C’est [au minimum] sous mille formes différentes que l’on peut l’intégrer dans le projet de son centre ou dans le cadre d’un séjour :
  • En proposant au moins un espace dédié à la lecture, un coin permanent confortable et fonctionnel, revisité de temps en temps pour qu’il évolue aussi.
    On peut l’imaginer par thèmes, par âge, par couleurs, par types d’ouvrage, etc. En intérieur, mais aussi en extérieur, parce que lire au bord de l’eau, dans une cabane ou allongé dans l’herbe, c’est encore mieux.
    On peut y associer les parents, les grands-parents, les habitants du quartier, les commerçants ! Presque tout le monde possède des livres, et beaucoup aime partager.
  • En se déplaçant dans des bibliothèques, des expositions, des manifestations où le livre est à l’honneur. En rencontrant des passionnés, en lisant et faisant lire et relire des histoires [des plus grands aux plus petits, et l’inverse]. En faisant venir des auteurs, des illustrateurs…
    En créant un prix littéraire du séjour ou de l’accueil de loisirs…
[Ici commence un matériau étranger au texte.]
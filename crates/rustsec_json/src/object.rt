//! Builds objects of JSON trees, key by key.

ghost use Rattle.std.specs.Prelude.{◌≡◌, ◌≢◌, None, OnErr, OnOk, option_map};
ghost use Rattle.serde_json.specs.Data.{put};
ghost use Rattle.serde_json.specs.View.{members_view};
ghost use Rattle.rustsec_json.specs.Codecs.{put_some};

use crate::make::ToTree;
use serde_json::{Map, Value};
use std::alloc::{AllocError, Global};

/// Puts the tree of a value at a key.
///
/// # Errors
///
/// Out of memory.
pub fn put_at<T: ToTree>(
    alloc: Global,
    fields: &mut Map<String, Value>,
    key: &str,
    value: &T,
) -> Result<(), AllocError>
    ensures { OnOk result (members_view fields.new.entries ≡ put key.now (T.tree value.now) (members_view fields.old.entries)) }
{
    let tree = value.to_tree(alloc)?;
    serde_json::put(fields, alloc, key, tree)
}

/// Puts the tree of a value at a key, if there is a value. No value takes no memory.
///
/// # Errors
///
/// Out of memory.
pub fn put_if<T: ToTree>(
    alloc: Global,
    fields: &mut Map<String, Value>,
    key: &str,
    value: &Option<T>,
) -> Result<(), AllocError>
    ensures ok { OnOk result (members_view fields.new.entries ≡ put_some key.now (option_map T.tree value.now) (members_view fields.old.entries)) }
    ensures none { OnErr result (value.now ≢ None) }
{
    match value {
        Some(value) => put_at(alloc, fields, key, value),
        None => Ok(()),
    }
}
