//! Trees on one line.

ghost use Rattle.std.specs.Prelude.{◌≡◌, IfOk, false, string_bytes};
ghost use Rattle.serde_json.specs.View.{view};
ghost use Rattle.serde_json.specs.Written.{has_float};
ghost use Rattle.rustsec_json.specs.Lines.{tree_line};

use serde_json::Value;
use std::alloc::{AllocError, Global};

/// Returns the text of a tree on one line, with a line feed at its end.
///
/// # Errors
///
/// Out of memory.
pub fn tree_line(alloc: Global, tree: &Value) -> Result<String, AllocError>
    ensures { IfOk result (λ t. has_float (view tree.now) ≡ false → string_bytes t ≡ tree_line (view tree.now)) }
{
    let mut text = tree.to_string(alloc)?;
    text.push_str("\n")?;
    Ok(text)
}
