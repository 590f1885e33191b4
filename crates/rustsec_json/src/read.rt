//! Reads values from JSON trees.

ghost use Rattle.std.specs.Prelude.{◌≡◌, ◌≢◌, IfErr, IfOk, None, OnErr, Option, Some};
ghost use Rattle.serde_json.specs.Data.{Data, null};
ghost use Rattle.serde_json.specs.View.{items_view, view};
ghost use Rattle.rustsec_json.specs.Fields.{list_of, or_null, text};
ghost use Rattle.rustsec_values.specs.Reading.{read_all};
ghost use Rattle.rustsec_values.specs.Failure.{IsRefusal};

use crate::refusal::{unexpected_error, with_index};
use rustsec_values::{ErrorKind, FromText, Items, Result};
use serde_json::Value;
use std::alloc::Global;

/// A type whose values are read from JSON trees.
pub trait FromTree: Drop + Sized {
    ghost reads: { Data → Option Self };

    /// Reads the value of a tree.
    ///
    /// # Errors
    ///
    /// `Parse` if the type does not accept the tree; else `OutOfMemory`.
    fn from_tree(alloc: Global, tree: &Value) -> Result<Self>
        ensures ok { IfOk result (λ x. Self.reads (view tree.now) ≡ Some x) }
        ensures err { IfErr result (IsRefusal ErrorKind.Parse (Self.reads (view tree.now) ≡ None)) };
}

/// Reads the value of a tree at a position in a list.
fn element<T: FromTree>(alloc: Global, tree: &Value, index: usize) -> Result<T>
    ensures ok { IfOk result (λ x. T.reads (view tree.now) ≡ Some x) }
    ensures err { IfErr result (IsRefusal ErrorKind.Parse (T.reads (view tree.now) ≡ None)) }
{
    match T::from_tree(alloc, tree) {
        Ok(value) => Ok(value),
        Err(e) => Err(with_index(alloc, index, &e)),
    }
}

/// Reads the values of trees, in order.
fn list<T: FromTree>(alloc: Global, trees: &Vec<Value>) -> Result<Items<T>>
    ensures ok { IfOk result (λ xs. read_all T.reads (list_of (items_view trees.now.items)) ≡ Some xs) }
    ensures err { IfErr result (IsRefusal ErrorKind.Parse (read_all T.reads (list_of (items_view trees.now.items)) ≡ None)) }
{
    let mut read = Items::new(alloc);
    for tree in trees {
        match element::<T>(alloc, tree, read.len()) {
            Ok(value) => read.push(value)?,
            Err(e) => return Err(e),
        }
    }
    Ok(read)
}

/// Parses a tree that must be a string of the type's grammar.
pub(crate) fn read_text<T: FromText>(alloc: Global, tree: &Value) -> Result<T>
    ensures ok { IfOk result (λ x. text T.reads (view tree.now) ≡ Some x) }
    ensures err { IfErr result (IsRefusal ErrorKind.Parse (text T.reads (view tree.now) ≡ None)) }
{
    match tree.as_str() {
        Some(text) => T::from_text(alloc, text),
        None => Err(unexpected_error(alloc, tree, "a string")),
    }
}

impl<T: FromTree> FromTree for Items<T> {
    ghost use Rattle.rustsec_json.specs.Fields.{every};

    ghost reads = { every T.reads };

    fn from_tree(alloc: Global, tree: &Value) -> Result<Items<T>> {
        match tree.as_array() {
            Some(trees) => list(alloc, trees),
            None => Err(unexpected_error(alloc, tree, "a list")),
        }
    }
}

impl<T: FromTree> FromTree for Option<T> {
    ghost use Rattle.rustsec_json.specs.Fields.{or_null};

    ghost reads = { or_null T.reads };

    // Null takes no memory.
    fn from_tree(alloc: Global, tree: &Value) -> Result<Option<T>>
        ensures ok { IfOk result (λ x. or_null T.reads (view tree.now) ≡ Some x) }
        ensures err { IfErr result (IsRefusal ErrorKind.Parse (or_null T.reads (view tree.now) ≡ None)) }
        ensures none { OnErr result (view tree.now ≢ null) }
    {
        if tree.is_null() {
            return Ok(None);
        }
        let value = T::from_tree(alloc, tree)?;
        Ok(Some(value))
    }
}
  • En détournant tous les possibles autour du livre : activités manuelles et d’expression : exposition, spectacle, marionnettes, concours de dessins (à partir d’une histoire), concours d’écriture (en inventant la suite d’un récit…). Mais aussi grands jeux : énigmes, codes secrets… Et à défaut d’être une source d’inspiration, le livre, le papier, en tant que matière première sont des supports sans limite à l’activité manuelle.
  • Et pour nous encadrants, en abordant sa place et son rôle dans le projet pédagogique, s’il s’agit d’un sujet qui tient à cœur au directeur et à son équipe. Dans la vie des enfants, dans la formation des citoyens de demain, la littérature a un rôle fort qui n’est pas l’exclusivité de l’école. Démontrer – pour toutes les qualités citées plus haut – que le livre est un support d’animation et d’éducation ne parait pas idiot !

C’est aussi à nous, acteurs de l’animation, de faire du livre un support vivant et novateur, bien présent dans le quotidien. Un support vers lequel on aime aller, sans obligation, sans se sentir obligé de le finir… juste un lieu et un temps où l’on est soi, avec le monde entier.